* [Assignment]: Give the number of lines below that contain the word "across", and nothing else.

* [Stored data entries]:
──────────────────────────────

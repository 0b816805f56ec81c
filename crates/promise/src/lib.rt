// Document 02's request 4: an accepted check is a promise, under what specs/Promise.antt asks; of the two functions that C's calls hand on to.
#![tactic(auto)]

ghost use Rattle.std.specs.Prelude.{◌≡◌};
ghost use Rattle.registry.specs.Refusals.{answer_of};
ghost use Rattle.profiles.specs.Check.{check_of};
ghost use Rattle.transition.specs.Written.{answer_to, buffer_after};
ghost use Rattle.promise.specs.Promise.{next_checked, Promise};

use credits::{credits_apply, credits_check};
use registry::error::Answer;

// Check, and where it accepts, apply, which alone does not ask what check asks. include/credits.h has the same lines in C, tested and not
// proved.
pub fn check_then_apply<'a>(
    profile: u8,
    operation: u8,
    state: &'a [u8],
    input: &'a [u8],
    out: &mut [u8],
) -> Answer
    ensures { (result ≡ answer_to (next_checked profile operation state.now input.now) state.now input.now out.old)
        × (out.new ≡ buffer_after (next_checked profile operation state.now input.now) state.now input.now out.old)
        × Promise profile operation state.now input.now out.old (answer_of (check_of profile operation state.now input.now)) result out.new }
{
    let checked = credits_check(profile, operation, state, input);
    if checked.number != 0 {
        return checked;
    }
    credits_apply(profile, operation, state, input, out)
}
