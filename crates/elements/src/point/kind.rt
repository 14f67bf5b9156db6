// Points as a kind.
ghost use Rattle.elements.specs.Points.{point_model as PointModel};
ghost use Rattle.elements.specs.PointRules.{point_rules};

use crate::point::{LatticePoint, Point};
use kinds::kind::Kind;
use lattice::field::shift_between;
use lattice::placement::Placement;
use lattice::turn::Turn;
use std::cmp::Ordering;

impl Kind for Point {
    type Carrier = (i32, i32);

    type Atom = LatticePoint;

    ghost model = { PointModel };

    ghost rules = { point_rules };

    fn carrier(&self) -> (i32, i32) {
        (self.x, self.y)
    }

    fn compare(&self, other: &Point) -> Ordering {
        self.carrier().cmp(&other.carrier())
    }

    fn start(&self) -> i32 {
        0
    }

    fn end(&self) -> i32 {
        1
    }

    fn join(self, other: Point) -> Option<Point> {
        (self == other).then_some(self)
    }

    fn part(self, from: i32, to: i32) -> Option<Point> {
        (from == 0 && to == 1).then_some(self)
    }

    fn atom(&self, at: i32) -> Option<LatticePoint> {
        if at == 0 {
            Some(LatticePoint {
                x: self.x,
                y: self.y,
            })
        } else {
            None
        }
    }

    fn place(self, p: Placement) -> Option<Point> {
        let (x, y) = p.moved(self.x, self.y);
        Point::at(x, y)
    }

    fn shifts(turn: Turn, from: LatticePoint, to: LatticePoint) -> Option<(i32, i32)> {
        let (x, y) = turn.turned(from.x, from.y);
        let across = shift_between(x, to.x)?;
        let up = shift_between(y, to.y)?;
        Some((across, up))
    }
}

──────────────────────────────

* [Task solution]: 2